L’année écoulée ayant été marquée par un fort déficit pluviométrique, les productions céréalières 2009-2010 de plusieurs pays ont été sérieusement amputées : - 34 % au Tchad, - 26 % au Niger et - 10 % au Burkina Faso, selon une note interne de deux agences onusiennes, le Programme alimentaire mondial (PAM) et l’Organisation des Nations unies pour l’alimentation et l’agriculture (FAO). Le Mali et le Sénégal s’en sortent cependant bien mieux, avec des productions céréalières respectivement en hausse de 13 % et 7 %.

« Les indicateurs disponibles concourent à montrer l’existence d’un risque imminent d’insécurité alimentaire élevé pour les ménages vulnérables de l’est du Sahel », jugent le PAM et la FAO. Un constat partagé, fin janvier devant des journalistes à Dakar, par le responsable Afrique de l’Ouest de l’Office d’aide humanitaire de la Commission européenne (ECHO) : « Nous sommes déjà dans ce qui ressemble à une période (...) de difficulté extrême pour les populations les plus désavantagées. »

Au Niger, un rapport gouvernemental vient d’ailleurs de reconnaître que 20 % de la population, soit 2,7 millions de personnes, nécessite « un appui urgent dans le court et moyen termes », soit presque trois fois plus que les années précédentes.
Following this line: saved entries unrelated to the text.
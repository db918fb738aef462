//! Moments: whole seconds from 1970-01-01T00:00:00Z to 9999-12-31T23:59:59Z, and their texts in the
//! form of Kubernetes' `metav1.Time`.
#![tactic(auto)]

mod moment;
mod texts;

pub use moment::Moment;
pub use texts::MomentFault;

/// There was no memory.
pub type Want = std::alloc::AllocError;
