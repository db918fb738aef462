//! What of statuses, moments and keys is still to come where no pod is written, and that a written status, an empty sync
//! and the clock leave less of it.
#![tactic(auto)]

mod laws;

pub use laws::{
    a_written_status_is_no_draft, bases_of_the_whole_log_show_all, empty_syncs_take_a_key,
    the_clock_brings_nothing_new, unwritten_plans_name_moments_to_come, wrong_statuses_are_drafts,
};
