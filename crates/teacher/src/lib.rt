// Which fret a note at the end of a tie has: definitions in specs/, the theorems over every file that is read in proofs/. No code.
#![tactic(auto)]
Quelque 5,1 millions d’autres Nigériens, soit 38,2 % de la population, sont « dans une situation de vulnérabilité modérée ». Une reconnaissance officielle qui représente déjà, selon plusieurs ONG, une réelle avancée : en 2005, dans les mois précédents la famine qu’avait subie le pays, Niamey avait longtemps minoré les alertes des organisations humanitaires et sous-estimé la crise.
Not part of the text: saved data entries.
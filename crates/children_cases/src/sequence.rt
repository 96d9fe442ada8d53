// A sequence of elements by its letters, and the image of a tree whose root has them as its children.
ghost use Rattle.std.specs.Prelude.{◌<◌, ◌≤◌, length};

use cases::{put, put_all};

// How many elements a sequence has at most.
pub const LONGEST: usize = 7;

// Where the entry of the first element behind the root stands in an image, and how long an entry is.
const FIRST: usize = 12;

const ENTRY: usize = 8;

// The sequence of a number: its decimal digits, the lowest first.
pub fn spell(number: u32, word: &mut [u8]) {
    let mut rest = number;
    for letter in word.iter_mut() {
        *letter = (rest % 10) as u8;
        rest /= 10;
    }
}

// The kind of a letter: a child, white space, a `#` comment, a multi-line comment, a custom error, a comma, a colon.
fn kind_of(letter: u8) -> u8 {
    match letter {
        0 => 2,
        1 | 2 | 3 => 64,
        4 => 68,
        5 | 6 => 65,
        7 => 70,
        8 => 94,
        _ => 102,
    }
}

// Writes the text of a letter and says where it ends.
fn put_text(image: &mut [u8], at: usize, letter: u8) -> usize {
    match letter {
        0 => at,
        1 => put_all(image, at, b" "),
        2 => put_all(image, at, b"\n"),
        3 => put_all(image, at, b"\n\n"),
        4 => put_all(image, at, b"#\n"),
        5 => put_all(image, at, b"/**/"),
        6 => put_all(image, at, b"/*\n*/"),
        7 => put_all(image, at, b"e"),
        8 => put_all(image, at, b","),
        _ => put_all(image, at, b":"),
    }
}

// How far an end lies behind a beginning, in a byte.
fn size(from: usize, end: usize) -> u8 {
    (end.wrapping_sub(from) % 256) as u8
}

// Writes the i-th element behind the root and its text, and says where the text ends.
fn put_element(image: &mut [u8], i: usize, at: usize, letter: u8) -> usize
    requires { i < 7 }
{
    let entry = FIRST + i * ENTRY;
    let end = put_text(image, at, letter);
    put(image, entry, kind_of(letter));
    put(image, entry + 2, 1);
    put(image, entry + 4, size(at, end));
    end
}

// Writes the elements behind the root, their texts from `at` on, and says where the last ends.
fn put_elements(word: &[u8], image: &mut [u8], at: usize) -> usize
    requires { length word.now ≤ 7 }
{
    let mut end = at;
    for (i, letter) in word.iter().enumerate() {
        end = put_element(image, i, end, *letter);
    }
    end
}

// Writes the image of a sequence over zeros and says where it ends.
pub fn put_image(word: &[u8], image: &mut [u8]) -> usize
    requires { length word.now ≤ 7 }
{
    let count = FIRST + word.len() * ENTRY;
    let texts = count + 4;
    let end = put_elements(word, image, texts);
    put(image, 0, size(0, word.len() + 1));
    put(image, 4, 1);
    put(image, count, size(texts, end));
    end
}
FORTE AUGMENTATION DES PRIX

Sur le terrain, certains paysans du Niger sont ainsi déjà entrés en « période de soudure », ce laps de temps entre l’épuisement des réserves et la nouvelle récolte. « C’est excessivement tôt, explique, sous couvert d’anonymat, un membre d’une grande ONG présent sur place. Normalement, pour les plus vulnérables, la période de soudure débute en avril-mai, pour des récoltes ayant lieu fin septembre-début octobre. » A fin décembre 2009, les stocks alimentaires de l’ensemble des ménages du pays ne leur permettaient de couvrir leurs besoins, en moyenne, que pour 2,8 mois.

En temps normal, les populations les plus vulnérables se fournissent en denrées sur les marchés locaux durant la période de soudure. Mais les prix des aliments y ont fortement augmenté récemment : sur le marché de Niamey, le kilo de mil se vendait ainsi aux alentours de 220 francs CFA fin 2009, contre environ 170 francs CFA en moyenne lors des cinq dernières années, selon FewsNet, le réseau d’alerte alimentaire des Etats-Unis.
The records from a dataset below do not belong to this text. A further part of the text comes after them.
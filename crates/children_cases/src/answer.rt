// The answers of crate `children` to four readings of one sequence, number after number in four digests.
ghost use Rattle.std.specs.Prelude.{◌<◌, ◌≤◌, true, length};
ghost use Rattle.tree.specs.Index.{Indexed, Region};
ghost use Rattle.children.specs.Spans.{Surveying};

use super::sequence::put_image;
use cases::front;
use children::between::Bounds;
use children::gap::{Span, at_child, gap, lead};
use children::newlines::{blank_line, newlines_at};
use children::survey::{Outline, is_stopped, survey, survey_after};
use tree::Tree;
use tree::class::{Class, Kinds, is, kinds_of};

// Room for an image and for its index.
const IMAGE: usize = 128;

const TABLE: usize = 32;

// Stands behind a list in an answer.
const SIGN: u32 = 255;

// The digest of no number.
pub const BASIS: u32 = 2166136261;

const PRIME: u32 = 16777619;

// A digest of each reading: strict, loose, and the same with a trailing list.
#[derive(Clone, Copy)]
pub struct Digests {
    pub strict: u32,
    pub loose: u32,
    pub strict_after: u32,
    pub loose_after: u32,
}

// The digests of no answer.
pub fn basis() -> Digests {
    Digests {
        strict: BASIS,
        loose: BASIS,
        strict_after: BASIS,
        loose_after: BASIS,
    }
}

// A number more in a digest, which is FNV-1a of 32 bits.
pub fn mix(h: u32, x: u32) -> u32 {
    (h ^ x).wrapping_mul(PRIME)
}

fn bit(b: bool) -> u32 {
    u32::from(b)
}

// The numbers of the siblings of these kinds from a on that begin before b: two places that need be no region of the tree, which `Siblings` asks.
fn mix_all(tree: &Tree, w: Kinds, a: u32, b: u32, h: u32) -> u32 {
    let mut n = h;
    let mut j = a;
    while j < b {
        if is(w, tree.kind_at(j)) {
            n = mix(n, j);
        }
        let next = tree.end_at(j);
        if next <= j {
            return n;
        }
        j = next;
    }
    n
}

fn mix_inline(tree: &Tree, s: Span, h: u32) -> u32 {
    mix(
        mix_all(tree, kinds_of(Class::Trivia), s.from, s.cut, h),
        SIGN,
    )
}

fn mix_waiting(tree: &Tree, s: Span, h: u32) -> u32 {
    let n = mix_all(tree, kinds_of(Class::CustomError), s.from, s.cut, h);
    let notes = Kinds {
        lo: 64,
        hi: 72,
        but: None,
    };
    mix(mix_all(tree, notes, s.cut, s.to, n), SIGN)
}

// What a survey says: the foreign element, or the children, many lines, the ending's blank line and its trivia.
fn mix_outline(tree: &Tree, o: Outline, h: u32) -> u32 {
    let last = o.last;
    if is_stopped(o) {
        return mix(mix(h, 1), last.to);
    }
    let n = mix(mix(mix(mix(h, 2), o.children), bit(o.many)), bit(o.blank));
    mix_waiting(tree, last, n)
}

// The children from the one behind a gap on: number, blank line, many lines, what waited, what is inline.
fn mix_walk(tree: &Tree, w: Kinds, z: Bounds, first: Span, h: u32) -> u32
    requires { Surveying tree.now.image tree.now.index z.to first 0 }
{
    let mut s = first;
    let mut n = h;
    while at_child(s) {
        n = mix(mix(n, s.to), bit(blank_line(tree, s)));
        n = mix(n, bit(newlines_at(tree, s) >= 1));
        n = mix_waiting(tree, s, n);
        s = gap(tree, w, z, true, tree.end_at(s.to));
        n = mix_inline(tree, s, n);
    }
    n
}

// A reading with no trailing list.
fn plain(tree: &Tree, z: Bounds, h: u32) -> u32
    requires { Region tree.now.image tree.now.index z.from z.to }
{
    let w = kinds_of(Class::Expr);
    let o = survey(tree, w, z);
    let n = mix_outline(tree, o, h);
    if is_stopped(o) {
        return n;
    }
    let s = gap(tree, w, z, false, z.from);
    mix_walk(tree, w, z, s, n)
}

// A reading whose trailing list is what waits in the first gap of the reading without one.
fn trailing(tree: &Tree, z: Bounds, h: u32) -> u32
    requires { Region tree.now.image tree.now.index z.from z.to }
{
    let w = kinds_of(Class::Expr);
    let t = gap(tree, w, z, false, z.from);
    let o = survey_after(tree, w, z, t);
    let n = mix_outline(tree, o, h);
    if is_stopped(o) {
        return n;
    }
    let s = lead(tree, w, z);
    if !at_child(s) {
        return n;
    }
    let many = t.tally.before >= 1;
    let m = mix_waiting(tree, t, mix(mix(n, s.to), bit(many)));
    let next = gap(tree, w, z, true, tree.end_at(s.to));
    mix_walk(tree, w, z, next, mix_inline(tree, next, m))
}

// The four readings of the children of the first element, behind what the digests hold.
fn answers(tree: &Tree, d: Digests) -> Digests
    requires { Indexed tree.now.image tree.now.index }
{
    let node: u32 = 0;
    if tree::element_count(tree.image) <= node {
        return d;
    }
    let strict = Bounds {
        from: node + 1,
        to: tree.end_at(node),
        loose: false,
    };
    let loose = Bounds {
        loose: true,
        ..strict
    };
    Digests {
        strict: plain(tree, strict, d.strict),
        loose: plain(tree, loose, d.loose),
        strict_after: trailing(tree, strict, d.strict_after),
        loose_after: trailing(tree, loose, d.loose_after),
    }
}

// The same from an image. One that is refused leaves the digests as they are, so that they are not those that are stored.
fn answered(image: &[u8], d: Digests) -> Digests {
    let mut table = [0u32; TABLE];
    if !tree::index::try_index(image, &mut table) {
        return d;
    }
    let tree = Tree {
        image,
        index: &table,
    };
    answers(&tree, d)
}

// The same from a sequence.
pub fn mix_answers(word: &[u8], d: Digests) -> Digests
    requires { length word.now ≤ 7 }
{
    let mut image = [0u8; IMAGE];
    let end = put_image(word, &mut image);
    answered(front(&image, end), d)
}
« Face à cette situation, la population devient plus mobile et se déplace notamment vers les centres urbains pour y trouver du travail, note Olivier Longué, directeur général d’Action contre la faim Madrid, la branche de l’ONG opérant au Niger. Dans de grandes villes, les salaires les plus bas ont ainsi reculé de 10 % à 15 %. »

Si la situation est également préoccupante dans certaines régions du Mali, au nord-est du Burkina Faso, et que l’état de la Mauritanie reste flou en raison de faibles statistiques, certains jugent le Tchad « très affecté » : une étude réalisée par Action contre la faim dans la région du Kanem (est du pays) rapporte ainsi un taux de malnutrition aiguë de 26,9 %, le seuil d’urgence étant habituellement fixé à 15 %. Dans ce pays, les stocks nationaux de sécurité de mil ne s’élèvent ainsi qu’à 9 000 tonnes, soit environ un quart du niveau désiré : un montant jugé « particulièrement faible » par la FAO et le PAM.

Dans ces pays du Sahel, la situation peut toutefois être encore renversée, selon plusieurs ONG, à condition de détecter de façon précoce les personnes atteintes de malnutrition et de dégager des fonds supplémentaires pour l’aide alimentaire, ce qui permettrait aux paysans de reconstituer des stocks. Mais, comme le juge un humanitaire, « nous sommes passés de l’alerte précoce à l’alerte ».